3 Summary and Outlook

This research topic has carried out research on the technology related to the large language model, combined with the business requirements in the field of operation and maintenance, built a large language model of operation and maintenance, and explored the scenarios of knowledge quiz, intelligent assistant of operation and maintenance, and code generation, etc., and realized the innovative application through the human-computer dialogue, text synthesis, and semantic recognition under the support of the capability of the large language model of operation and maintenance, and improved the online knowledge service through the expansion of the relevant corpus and the operation and maintenance knowledge base, and promoted the skill improvement of operation and maintenance personnel.

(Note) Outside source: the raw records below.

// The row of a scan in CSV, and its object in JSON.

ghost use Rattle.std.specs.Prelude.{◌≡◌, ◌+◌, ◌≤◌, ◌++◌, All, length};
ghost use Rattle.ps_model.specs.Stored.{bit};
ghost use Rattle.ps_bench_waves.specs.Lines.{csv_row, fields_text, json_line, members_text};
ghost use Rattle.ps_bench_waves.specs.Room.{IsKeyed, cells_of, columns_room, frame_room};
ghost use Rattle.ps_bench_waves.specs.declared.format.Format.TheVariants.{Json};

use crate::column::Column;
use crate::line::Line;
use crate::shown::{put_digit, put_field, put_json_value, put_truth};
use ps_bench_judge::is_stopped;
use ps_model::{App, Verdict};

// A truth value as a number.
fn number(value: bool) -> u16
    ensures { result ≡ bit value }
{
    if value { 1 } else { 0 }
}

// Puts values as fields of CSV, each after a comma.
fn put_fields(line: &mut Line, columns: &[Column])
    requires { length line.old.text + columns_room columns.now ≤ line.old.room }
    ensures text { line.new.text ≡ line.old.text ++ fields_text (cells_of columns.now) }
    ensures len { length line.new.text ≤ length line.old.text + columns_room columns.now }
    ensures room { line.new.room ≡ line.old.room }
{
    for column in columns {
        line.put(b",");
        put_field(line, column.name, column.field.value);
    }
}

/// Makes the row of a scan in CSV.
pub(crate) fn make_csv_row(
    line: &mut Line,
    now: u32,
    is_restarted: bool,
    verdict: Verdict,
    columns: &[Column],
)
    requires { frame_room + columns_room columns.now ≤ line.old.room }
    ensures text { line.new.text ≡ csv_row now is_restarted verdict (cells_of columns.now) }
    ensures room { line.new.room ≡ line.old.room }
{
    line.clear();
    line.put_count(now);
    line.put(b",");
    put_digit(line, number(is_restarted));
    line.put(b",");
    put_digit(line, number(is_stopped(verdict)));
    put_fields(line, columns);
    line.put(b"\n");
}

// Puts values as members of an object of JSON, each after a comma.
fn put_members(line: &mut Line, app: &App, columns: &[Column])
    requires keyed { All (IsKeyed Json app.now) columns.now }
    requires room { length line.old.text + columns_room columns.now ≤ line.old.room }
    ensures text { line.new.text ≡ line.old.text ++ members_text app.now (cells_of columns.now) }
    ensures len { length line.new.text ≤ length line.old.text + columns_room columns.now }
    ensures room { line.new.room ≡ line.old.room }
{
    for column in columns {
        line.put(b",");
        line.put(column.key.as_slice());
        put_json_value(line, column.name, column.field.value);
    }
}

/// Makes the object of a scan in JSON, in a line.
pub(crate) fn make_json_line(
    line: &mut Line,
    app: &App,
    now: u32,
    is_restarted: bool,
    verdict: Verdict,
    columns: &[Column],
)
    requires keyed { All (IsKeyed Json app.now) columns.now }
    requires room { frame_room + columns_room columns.now ≤ line.old.room }
    ensures text { line.new.text ≡ json_line app.now now is_restarted verdict (cells_of columns.now) }
    ensures room { line.new.room ≡ line.old.room }
{
    line.clear();
    line.put(b"{\"@time\":");
    line.put_count(now);
    line.put(b",\"@restart\":");
    put_truth(line, number(is_restarted));
    line.put(b",\"@trip\":");
    put_truth(line, number(is_stopped(verdict)));
    put_members(line, app, columns);
    line.put(b"}\n");
}
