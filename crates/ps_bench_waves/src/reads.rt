// How the value of a wire is come by in a scan.

ghost use Rattle.std.specs.Prelude.{◌≡◌, ◌<◌, ℕ, Bool, List, IfOk, IfSome, length};
ghost use Rattle.ps_bench_waves.specs.Values.{held};
ghost use Rattle.ps_bench_waves.specs.declared.count.Count.{Count as CountOf};
ghost use Rattle.ps_model.specs.Blocks.{block};
ghost use Rattle.ps_model.specs.Network.{instance_count};
ghost use Rattle.ps_model.specs.Scanning.{pins_under};
ghost use Rattle.ps_machine.specs.Calls.{input_pin};
ghost use Rattle.ps_bench_judge.specs.Moments.{Moment, moment_of};
ghost use Rattle.ps_bench_judge.specs.Named.{pin_of};
ghost use Rattle.ps_bench_waves.specs.Parts.{part_held};
ghost use Rattle.ps_bench_waves.specs.Reads.{AreReadsOf, read_held};

use crate::parts::{Part, value_of_part};
use crate::{Count, Value};
use ps_base::Memory;
use ps_bench_judge::Seen;
use ps_bench_names::Name;
use ps_machine::{call_step, free_value};
use ps_model::{App, Arg, Args, Kind, Step, input_count};
use std::alloc::Global;

/// How the value of a wire is come by in a scan.
#[derive(Clone, Copy)]
pub(crate) enum Read {
    /// It is the same in every scan, as at a pin at which a literal stands, or nothing.
    Still(bool),
    /// It is asked for in each scan.
    Asked(Part),
}

// What stands at an input pin of a call, where it is the same in every scan.
fn still_arg(kind: Kind, j: u8, args: &Args) -> Option<bool>
    requires { length args.now ≡ length (block kind).inputs }
    ensures { IfSome result (λ value. (v : ℕ → Bool) → pins_under v kind args.now j ≡ value) }
{
    if j as usize >= args.len() {
        return None;
    }
    match args.at(j as usize) {
        Arg::Free => Some(free_value(kind, j)),
        Arg::Lit(value) => Some(*value),
        Arg::Time(_) => Some(false),
        Arg::Value(_) => None,
    }
}

// What stands at an input pin of an instance, where it is the same in every scan.
fn still_input(app: &App, i: u16, j: u8) -> Option<bool>
    requires { i < instance_count app.now }
    ensures { IfSome result (λ value. (before behind : List Bool) → input_pin app.now before behind i j ≡ value) }
{
    app.sound();
    let k = call_step(app, i);
    match app.step(k) {
        Step::Call { instance, args } => still_arg(app.instance_kind(*instance), j, args),
        Step::Assign { .. } => None,
    }
}

// What stands at a pin of an instance, where it is the same in every scan.
fn still_pin(app: &App, i: u16, j: u8) -> Option<bool>
    ensures { IfSome result (λ value. (m : Moment) → pin_of app.now m i j ≡ value) }
{
    if i < app.instance_count() && j < input_count(app.instance_kind(i)) {
        still_input(app, i, j)
    } else {
        None
    }
}

// How what a wire is about is come by.
fn read_of(app: &App, part: Part) -> Read
    ensures { (count : CountOf) (m : Moment) → read_held app.now count m result ≡ part_held app.now count m part }
{
    if let Part::Bit(Name::Pin { instance, pin }) = part {
        if let Some(value) = still_pin(app, instance, pin) {
            return Read::Still(value);
        }
    }
    Read::Asked(part)
}

/// How what wires are about is come by.
pub(crate) fn reads_of(alloc: Global, app: &App, parts: &[Part]) -> Result<Vec<Read>, Memory>
    ensures { IfOk result (λ reads. AreReadsOf app.now reads.items parts.now) }
{
    let mut reads = Vec::with_capacity(alloc, parts.len())?;
    for part in parts {
        reads.push(read_of(app, *part))?;
    }
    Ok(reads)
}

/// What a wire has in a scan.
pub(crate) fn value_of_read(app: &App, count: Count, seen: &Seen<'_>, read: Read) -> Value
    ensures { held result ≡ read_held app.now count (moment_of seen.entry.now) read }
{
    match read {
        Read::Still(value) => Value::Bit(value),
        Read::Asked(part) => value_of_part(app, count, seen, part),
    }
}
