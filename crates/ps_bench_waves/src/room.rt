// Text that is made in room which was taken before. Each call puts bytes at a place that has room for them, and answers
// the place after them.

ghost use Rattle.std.specs.Prelude.{◌≡◌, ◌+◌, ◌≤◌, ◌<◌, ◌++◌, ◌∷◌, [], length, decimal, take};

use itoa::Buffer;

// Puts bytes.
pub(crate) fn put(text: &mut [u8], at: usize, bytes: &[u8]) -> usize
    requires { at + length bytes.now ≤ length text.old }
    ensures bytes { take result text.new ≡ take at text.old ++ bytes.now }
    ensures end { result ≡ at + length bytes.now }
    ensures len { length text.new ≡ length text.old }
{
    let end = at + bytes.len();
    text[at..end].copy_from_slice(bytes);
    end
}

// Puts a byte.
pub(crate) fn put_byte(text: &mut [u8], at: usize, byte: u8) -> usize
    requires { at < length text.old }
    ensures bytes { take result text.new ≡ take at text.old ++ byte ∷ [] }
    ensures end { result ≡ at + 1 }
    ensures len { length text.new ≡ length text.old }
{
    text[at] = byte;
    at + 1
}

// Puts a number of up to ten digits.
pub(crate) fn put_number(text: &mut [u8], at: usize, number: u32) -> usize
    requires { at + 10 ≤ length text.old }
    ensures bytes { take result text.new ≡ take at text.old ++ decimal number }
    ensures end { result ≤ at + 10 }
    ensures len { length text.new ≡ length text.old }
{
    let mut digits = Buffer::new();
    put(text, at, digits.format(number).as_bytes())
}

By expanding the relevant corpus and operation and maintenance knowledge base, the online knowledge service can be improved, the skills of operation and maintenance personnel can be improved, and intelligent operation and maintenance can be promoted to a higher level. Looking forward to the application of large language model in the field of intelligent operation and maintenance, the next step will be to continue to carry out research and exploration, and practice in the areas of operation and maintenance scene mining, operation and maintenance data management, and operation and maintenance tool ecological construction.

 

Note: This topic was awarded the Third Prize of Industry Co-Research Topics in 2023 by the Securities Information Technology Research and Development Center (Shanghai).